> **TASK REQUIREMENTS**
In the records, find each line where "same" occurs, and copy it.

Saved data entries:
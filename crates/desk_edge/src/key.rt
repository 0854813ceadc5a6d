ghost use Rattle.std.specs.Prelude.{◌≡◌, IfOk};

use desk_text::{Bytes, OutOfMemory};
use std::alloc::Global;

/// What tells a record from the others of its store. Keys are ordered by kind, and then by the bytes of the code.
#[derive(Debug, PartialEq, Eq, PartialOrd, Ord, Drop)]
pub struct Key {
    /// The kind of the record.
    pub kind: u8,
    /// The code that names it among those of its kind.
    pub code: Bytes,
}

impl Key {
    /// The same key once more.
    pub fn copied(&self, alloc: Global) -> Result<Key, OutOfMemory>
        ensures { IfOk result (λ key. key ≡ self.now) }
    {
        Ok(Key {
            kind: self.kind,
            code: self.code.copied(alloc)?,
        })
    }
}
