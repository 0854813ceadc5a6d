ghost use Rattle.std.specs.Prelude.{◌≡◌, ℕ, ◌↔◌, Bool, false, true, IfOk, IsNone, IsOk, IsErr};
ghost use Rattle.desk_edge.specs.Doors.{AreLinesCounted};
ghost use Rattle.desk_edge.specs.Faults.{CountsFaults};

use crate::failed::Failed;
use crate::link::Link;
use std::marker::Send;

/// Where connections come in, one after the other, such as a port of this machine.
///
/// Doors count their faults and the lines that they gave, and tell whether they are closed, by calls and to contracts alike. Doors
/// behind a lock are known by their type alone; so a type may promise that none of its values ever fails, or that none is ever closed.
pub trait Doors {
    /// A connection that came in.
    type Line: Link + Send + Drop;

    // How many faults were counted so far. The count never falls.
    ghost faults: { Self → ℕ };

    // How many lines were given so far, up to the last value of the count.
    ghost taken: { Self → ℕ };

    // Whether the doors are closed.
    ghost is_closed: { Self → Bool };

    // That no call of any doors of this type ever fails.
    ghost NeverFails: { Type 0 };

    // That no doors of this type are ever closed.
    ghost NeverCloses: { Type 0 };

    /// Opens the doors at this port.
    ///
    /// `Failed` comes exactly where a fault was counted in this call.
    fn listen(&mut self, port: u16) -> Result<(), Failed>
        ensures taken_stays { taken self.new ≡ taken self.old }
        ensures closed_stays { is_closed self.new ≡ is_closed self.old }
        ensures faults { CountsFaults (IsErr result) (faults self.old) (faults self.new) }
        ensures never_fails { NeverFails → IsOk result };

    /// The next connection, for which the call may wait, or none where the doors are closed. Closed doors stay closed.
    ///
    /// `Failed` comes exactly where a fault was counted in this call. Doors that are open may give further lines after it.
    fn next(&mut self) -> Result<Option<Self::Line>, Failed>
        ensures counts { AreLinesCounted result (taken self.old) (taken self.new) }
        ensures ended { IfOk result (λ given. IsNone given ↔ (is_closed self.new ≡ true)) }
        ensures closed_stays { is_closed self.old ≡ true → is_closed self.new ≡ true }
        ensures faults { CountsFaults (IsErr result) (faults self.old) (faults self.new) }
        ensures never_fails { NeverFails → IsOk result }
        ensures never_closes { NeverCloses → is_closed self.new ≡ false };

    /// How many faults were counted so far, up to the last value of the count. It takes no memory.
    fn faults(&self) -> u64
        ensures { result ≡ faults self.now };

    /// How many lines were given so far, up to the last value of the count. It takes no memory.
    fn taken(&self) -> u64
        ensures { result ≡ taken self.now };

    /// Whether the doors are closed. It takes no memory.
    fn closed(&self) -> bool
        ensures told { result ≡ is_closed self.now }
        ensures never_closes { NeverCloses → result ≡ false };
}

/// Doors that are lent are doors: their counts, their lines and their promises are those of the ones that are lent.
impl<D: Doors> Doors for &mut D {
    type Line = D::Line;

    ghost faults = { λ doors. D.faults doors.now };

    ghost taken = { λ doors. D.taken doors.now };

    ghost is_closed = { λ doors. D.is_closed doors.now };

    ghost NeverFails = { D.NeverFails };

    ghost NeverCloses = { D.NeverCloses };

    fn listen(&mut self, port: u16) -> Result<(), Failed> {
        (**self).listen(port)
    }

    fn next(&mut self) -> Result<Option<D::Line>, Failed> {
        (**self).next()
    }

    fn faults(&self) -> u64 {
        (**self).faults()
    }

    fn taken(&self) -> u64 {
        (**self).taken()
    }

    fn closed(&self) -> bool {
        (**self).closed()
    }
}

...

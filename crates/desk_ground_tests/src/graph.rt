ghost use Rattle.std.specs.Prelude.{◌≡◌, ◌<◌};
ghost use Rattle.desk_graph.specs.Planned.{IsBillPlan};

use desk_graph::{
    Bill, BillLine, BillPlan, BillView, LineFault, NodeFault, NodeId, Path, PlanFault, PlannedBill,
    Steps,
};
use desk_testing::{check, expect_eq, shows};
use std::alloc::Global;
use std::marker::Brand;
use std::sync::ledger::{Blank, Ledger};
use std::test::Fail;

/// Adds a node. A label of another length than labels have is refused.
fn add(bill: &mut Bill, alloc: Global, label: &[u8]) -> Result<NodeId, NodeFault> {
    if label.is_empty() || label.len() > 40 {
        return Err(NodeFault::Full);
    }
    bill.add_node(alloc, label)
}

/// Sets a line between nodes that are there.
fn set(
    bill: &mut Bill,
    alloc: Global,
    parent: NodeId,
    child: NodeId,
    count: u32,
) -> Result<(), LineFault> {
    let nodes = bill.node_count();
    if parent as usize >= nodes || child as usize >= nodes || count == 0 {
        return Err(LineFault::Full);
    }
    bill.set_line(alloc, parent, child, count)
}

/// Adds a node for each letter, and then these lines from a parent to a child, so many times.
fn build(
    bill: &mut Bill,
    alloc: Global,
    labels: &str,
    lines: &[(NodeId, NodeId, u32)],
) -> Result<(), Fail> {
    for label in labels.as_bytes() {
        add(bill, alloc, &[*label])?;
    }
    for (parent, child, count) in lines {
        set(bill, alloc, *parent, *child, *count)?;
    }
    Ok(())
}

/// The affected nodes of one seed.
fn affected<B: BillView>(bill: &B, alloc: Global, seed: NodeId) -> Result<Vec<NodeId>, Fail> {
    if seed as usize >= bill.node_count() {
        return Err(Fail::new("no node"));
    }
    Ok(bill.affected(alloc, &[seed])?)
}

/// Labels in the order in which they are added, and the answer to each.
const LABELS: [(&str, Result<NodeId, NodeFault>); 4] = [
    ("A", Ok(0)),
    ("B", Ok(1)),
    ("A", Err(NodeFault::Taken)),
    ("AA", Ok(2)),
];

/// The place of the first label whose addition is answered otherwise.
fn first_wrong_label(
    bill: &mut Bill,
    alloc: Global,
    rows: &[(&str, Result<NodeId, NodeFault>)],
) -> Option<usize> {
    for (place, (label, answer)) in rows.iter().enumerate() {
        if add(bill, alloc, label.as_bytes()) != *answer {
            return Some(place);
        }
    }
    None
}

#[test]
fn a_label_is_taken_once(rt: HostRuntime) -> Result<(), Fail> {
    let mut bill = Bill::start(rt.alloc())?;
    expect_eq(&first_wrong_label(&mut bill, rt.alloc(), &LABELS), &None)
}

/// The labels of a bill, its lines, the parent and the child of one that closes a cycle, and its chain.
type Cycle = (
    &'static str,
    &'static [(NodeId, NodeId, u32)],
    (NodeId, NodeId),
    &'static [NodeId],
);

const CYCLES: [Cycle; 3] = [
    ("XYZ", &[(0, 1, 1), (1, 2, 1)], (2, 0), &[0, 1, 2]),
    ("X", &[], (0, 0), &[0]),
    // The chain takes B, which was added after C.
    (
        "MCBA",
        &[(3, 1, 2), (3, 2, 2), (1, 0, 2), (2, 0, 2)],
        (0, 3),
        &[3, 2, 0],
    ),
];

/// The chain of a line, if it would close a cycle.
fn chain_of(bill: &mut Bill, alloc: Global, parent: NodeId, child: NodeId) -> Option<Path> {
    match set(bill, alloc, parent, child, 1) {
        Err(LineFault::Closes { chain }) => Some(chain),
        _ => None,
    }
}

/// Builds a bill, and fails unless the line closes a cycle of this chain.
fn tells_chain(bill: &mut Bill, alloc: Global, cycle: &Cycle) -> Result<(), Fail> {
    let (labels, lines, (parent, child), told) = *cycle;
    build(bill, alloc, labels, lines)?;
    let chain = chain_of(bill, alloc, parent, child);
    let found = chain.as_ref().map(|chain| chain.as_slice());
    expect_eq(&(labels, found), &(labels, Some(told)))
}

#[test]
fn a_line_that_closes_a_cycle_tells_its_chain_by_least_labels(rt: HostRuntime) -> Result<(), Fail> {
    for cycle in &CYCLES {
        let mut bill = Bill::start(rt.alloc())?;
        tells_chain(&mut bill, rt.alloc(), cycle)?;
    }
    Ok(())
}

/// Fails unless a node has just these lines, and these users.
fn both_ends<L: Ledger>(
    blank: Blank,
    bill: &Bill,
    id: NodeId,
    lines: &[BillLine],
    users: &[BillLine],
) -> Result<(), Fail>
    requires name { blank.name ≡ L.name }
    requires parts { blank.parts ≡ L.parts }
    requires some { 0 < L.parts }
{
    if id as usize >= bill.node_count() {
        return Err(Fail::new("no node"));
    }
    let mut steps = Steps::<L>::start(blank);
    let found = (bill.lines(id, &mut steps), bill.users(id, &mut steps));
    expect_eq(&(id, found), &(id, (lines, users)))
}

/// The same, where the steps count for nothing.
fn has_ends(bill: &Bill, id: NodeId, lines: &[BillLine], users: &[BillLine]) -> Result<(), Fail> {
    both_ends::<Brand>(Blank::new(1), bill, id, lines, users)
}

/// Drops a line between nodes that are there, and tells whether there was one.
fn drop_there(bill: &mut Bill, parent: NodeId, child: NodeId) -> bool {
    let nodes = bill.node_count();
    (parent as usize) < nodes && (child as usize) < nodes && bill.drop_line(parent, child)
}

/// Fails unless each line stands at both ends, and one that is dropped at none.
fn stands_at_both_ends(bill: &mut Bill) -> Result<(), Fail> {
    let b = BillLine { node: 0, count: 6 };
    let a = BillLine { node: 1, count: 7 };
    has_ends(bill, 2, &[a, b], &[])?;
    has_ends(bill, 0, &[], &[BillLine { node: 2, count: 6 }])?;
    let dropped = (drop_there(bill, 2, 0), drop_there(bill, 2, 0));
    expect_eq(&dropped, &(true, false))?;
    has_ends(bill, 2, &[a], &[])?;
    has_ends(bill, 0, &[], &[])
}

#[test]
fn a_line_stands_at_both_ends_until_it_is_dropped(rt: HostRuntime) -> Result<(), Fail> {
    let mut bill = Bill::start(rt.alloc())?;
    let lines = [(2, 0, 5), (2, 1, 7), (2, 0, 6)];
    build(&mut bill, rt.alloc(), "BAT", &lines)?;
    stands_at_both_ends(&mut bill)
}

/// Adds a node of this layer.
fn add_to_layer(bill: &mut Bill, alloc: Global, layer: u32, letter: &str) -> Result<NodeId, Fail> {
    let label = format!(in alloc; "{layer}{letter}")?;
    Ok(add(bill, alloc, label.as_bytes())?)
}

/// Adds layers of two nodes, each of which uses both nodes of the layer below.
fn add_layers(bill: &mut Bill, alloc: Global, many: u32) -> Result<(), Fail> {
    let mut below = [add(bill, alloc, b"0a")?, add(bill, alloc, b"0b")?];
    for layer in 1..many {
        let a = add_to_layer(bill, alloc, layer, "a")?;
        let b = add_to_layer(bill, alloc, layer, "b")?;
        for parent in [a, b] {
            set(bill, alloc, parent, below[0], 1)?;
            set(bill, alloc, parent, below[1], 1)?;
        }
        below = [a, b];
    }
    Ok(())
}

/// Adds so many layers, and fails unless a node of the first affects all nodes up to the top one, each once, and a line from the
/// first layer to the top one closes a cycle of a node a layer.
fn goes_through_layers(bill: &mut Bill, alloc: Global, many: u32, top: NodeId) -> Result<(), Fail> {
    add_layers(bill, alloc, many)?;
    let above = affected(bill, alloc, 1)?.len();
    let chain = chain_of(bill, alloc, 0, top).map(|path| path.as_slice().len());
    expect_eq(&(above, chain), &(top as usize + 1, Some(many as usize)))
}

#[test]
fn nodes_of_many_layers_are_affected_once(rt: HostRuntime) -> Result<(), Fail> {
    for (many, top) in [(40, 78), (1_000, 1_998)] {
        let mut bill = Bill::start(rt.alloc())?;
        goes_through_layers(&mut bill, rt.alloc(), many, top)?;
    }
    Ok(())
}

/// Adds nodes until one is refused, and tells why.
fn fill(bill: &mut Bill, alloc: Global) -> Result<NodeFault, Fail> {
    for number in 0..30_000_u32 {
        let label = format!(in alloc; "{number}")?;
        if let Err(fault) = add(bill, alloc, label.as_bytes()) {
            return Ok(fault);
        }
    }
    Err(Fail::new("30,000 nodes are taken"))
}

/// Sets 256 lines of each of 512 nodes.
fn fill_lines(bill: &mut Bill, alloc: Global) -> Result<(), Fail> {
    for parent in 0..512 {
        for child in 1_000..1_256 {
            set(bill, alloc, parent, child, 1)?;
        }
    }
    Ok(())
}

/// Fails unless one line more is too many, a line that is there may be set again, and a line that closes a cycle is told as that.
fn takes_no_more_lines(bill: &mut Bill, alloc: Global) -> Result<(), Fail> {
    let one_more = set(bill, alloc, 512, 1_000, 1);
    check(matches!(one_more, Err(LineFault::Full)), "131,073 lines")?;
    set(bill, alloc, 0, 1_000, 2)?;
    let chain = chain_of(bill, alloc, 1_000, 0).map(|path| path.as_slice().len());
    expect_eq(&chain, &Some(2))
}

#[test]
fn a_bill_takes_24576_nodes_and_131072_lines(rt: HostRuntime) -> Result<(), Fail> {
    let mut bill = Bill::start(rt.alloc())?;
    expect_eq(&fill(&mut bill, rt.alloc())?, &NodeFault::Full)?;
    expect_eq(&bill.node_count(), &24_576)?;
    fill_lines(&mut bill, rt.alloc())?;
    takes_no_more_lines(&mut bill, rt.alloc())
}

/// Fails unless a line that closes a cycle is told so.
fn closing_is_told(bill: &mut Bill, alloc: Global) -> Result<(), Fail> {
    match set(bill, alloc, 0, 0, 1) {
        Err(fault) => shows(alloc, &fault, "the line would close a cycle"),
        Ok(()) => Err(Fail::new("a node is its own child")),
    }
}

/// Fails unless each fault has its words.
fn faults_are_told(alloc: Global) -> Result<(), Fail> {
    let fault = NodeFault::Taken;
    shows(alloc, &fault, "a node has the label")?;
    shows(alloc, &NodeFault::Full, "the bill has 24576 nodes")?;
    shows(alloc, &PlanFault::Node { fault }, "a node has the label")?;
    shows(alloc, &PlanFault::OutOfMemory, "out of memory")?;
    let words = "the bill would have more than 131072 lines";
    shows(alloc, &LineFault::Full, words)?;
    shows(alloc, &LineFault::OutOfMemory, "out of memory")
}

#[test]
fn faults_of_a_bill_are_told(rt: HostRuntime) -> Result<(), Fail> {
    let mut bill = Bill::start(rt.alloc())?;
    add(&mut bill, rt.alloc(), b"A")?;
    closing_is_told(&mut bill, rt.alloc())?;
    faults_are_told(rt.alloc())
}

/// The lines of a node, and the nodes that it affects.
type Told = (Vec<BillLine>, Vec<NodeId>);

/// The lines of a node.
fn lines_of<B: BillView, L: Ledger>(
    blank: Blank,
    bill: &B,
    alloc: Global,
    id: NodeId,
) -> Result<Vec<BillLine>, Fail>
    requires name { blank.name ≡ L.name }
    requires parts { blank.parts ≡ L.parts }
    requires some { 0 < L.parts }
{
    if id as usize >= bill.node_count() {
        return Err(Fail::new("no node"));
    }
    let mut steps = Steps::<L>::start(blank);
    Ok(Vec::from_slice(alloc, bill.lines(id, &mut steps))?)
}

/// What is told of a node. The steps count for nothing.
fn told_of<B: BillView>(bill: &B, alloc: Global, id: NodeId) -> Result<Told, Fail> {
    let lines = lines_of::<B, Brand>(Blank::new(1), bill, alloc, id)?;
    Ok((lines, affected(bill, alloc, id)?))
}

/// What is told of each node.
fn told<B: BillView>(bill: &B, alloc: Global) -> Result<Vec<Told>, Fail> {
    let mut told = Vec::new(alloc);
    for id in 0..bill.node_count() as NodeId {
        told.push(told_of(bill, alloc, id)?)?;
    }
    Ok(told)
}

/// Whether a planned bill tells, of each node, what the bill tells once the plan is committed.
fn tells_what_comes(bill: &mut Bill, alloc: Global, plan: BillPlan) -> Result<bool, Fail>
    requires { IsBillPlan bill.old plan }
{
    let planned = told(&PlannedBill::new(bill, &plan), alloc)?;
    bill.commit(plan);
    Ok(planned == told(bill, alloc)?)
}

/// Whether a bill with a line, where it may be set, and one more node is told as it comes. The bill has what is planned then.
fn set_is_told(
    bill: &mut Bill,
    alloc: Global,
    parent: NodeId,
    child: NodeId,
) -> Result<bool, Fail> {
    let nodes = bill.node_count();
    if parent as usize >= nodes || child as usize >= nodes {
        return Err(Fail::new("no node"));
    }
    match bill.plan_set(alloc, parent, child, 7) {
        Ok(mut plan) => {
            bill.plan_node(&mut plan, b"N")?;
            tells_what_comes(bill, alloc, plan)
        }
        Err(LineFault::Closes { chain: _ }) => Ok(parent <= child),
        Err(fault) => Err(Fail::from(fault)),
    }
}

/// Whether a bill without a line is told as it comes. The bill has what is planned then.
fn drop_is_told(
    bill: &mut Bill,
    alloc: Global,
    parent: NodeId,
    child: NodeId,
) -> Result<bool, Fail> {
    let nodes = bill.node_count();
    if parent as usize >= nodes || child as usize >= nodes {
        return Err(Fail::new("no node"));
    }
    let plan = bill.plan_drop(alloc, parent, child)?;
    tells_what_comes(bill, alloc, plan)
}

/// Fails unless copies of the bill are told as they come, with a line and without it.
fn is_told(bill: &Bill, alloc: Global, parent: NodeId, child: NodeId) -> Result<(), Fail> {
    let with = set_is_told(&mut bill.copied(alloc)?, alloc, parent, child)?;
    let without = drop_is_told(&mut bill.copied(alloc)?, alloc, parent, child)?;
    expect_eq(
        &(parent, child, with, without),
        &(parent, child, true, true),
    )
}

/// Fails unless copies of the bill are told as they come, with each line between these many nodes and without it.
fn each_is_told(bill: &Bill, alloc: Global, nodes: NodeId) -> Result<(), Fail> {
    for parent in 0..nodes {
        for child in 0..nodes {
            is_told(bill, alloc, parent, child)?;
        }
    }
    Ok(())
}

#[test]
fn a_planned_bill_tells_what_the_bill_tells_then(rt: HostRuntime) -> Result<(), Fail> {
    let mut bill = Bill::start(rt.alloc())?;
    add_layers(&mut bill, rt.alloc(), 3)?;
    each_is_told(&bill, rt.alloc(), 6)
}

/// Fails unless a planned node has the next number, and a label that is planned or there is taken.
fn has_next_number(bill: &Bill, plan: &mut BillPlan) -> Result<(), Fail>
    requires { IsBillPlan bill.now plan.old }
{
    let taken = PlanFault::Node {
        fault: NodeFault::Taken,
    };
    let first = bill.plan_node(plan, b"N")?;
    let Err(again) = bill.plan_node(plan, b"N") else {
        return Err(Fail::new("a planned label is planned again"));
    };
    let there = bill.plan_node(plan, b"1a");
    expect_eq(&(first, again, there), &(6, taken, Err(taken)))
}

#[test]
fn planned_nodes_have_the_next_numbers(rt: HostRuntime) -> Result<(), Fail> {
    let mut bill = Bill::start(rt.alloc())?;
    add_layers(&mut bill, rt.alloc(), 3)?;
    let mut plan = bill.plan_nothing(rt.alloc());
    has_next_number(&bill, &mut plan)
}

> **RESPONSE TO THE TASK**
    /// The same key once more.
/// The same, where the steps count for nothing.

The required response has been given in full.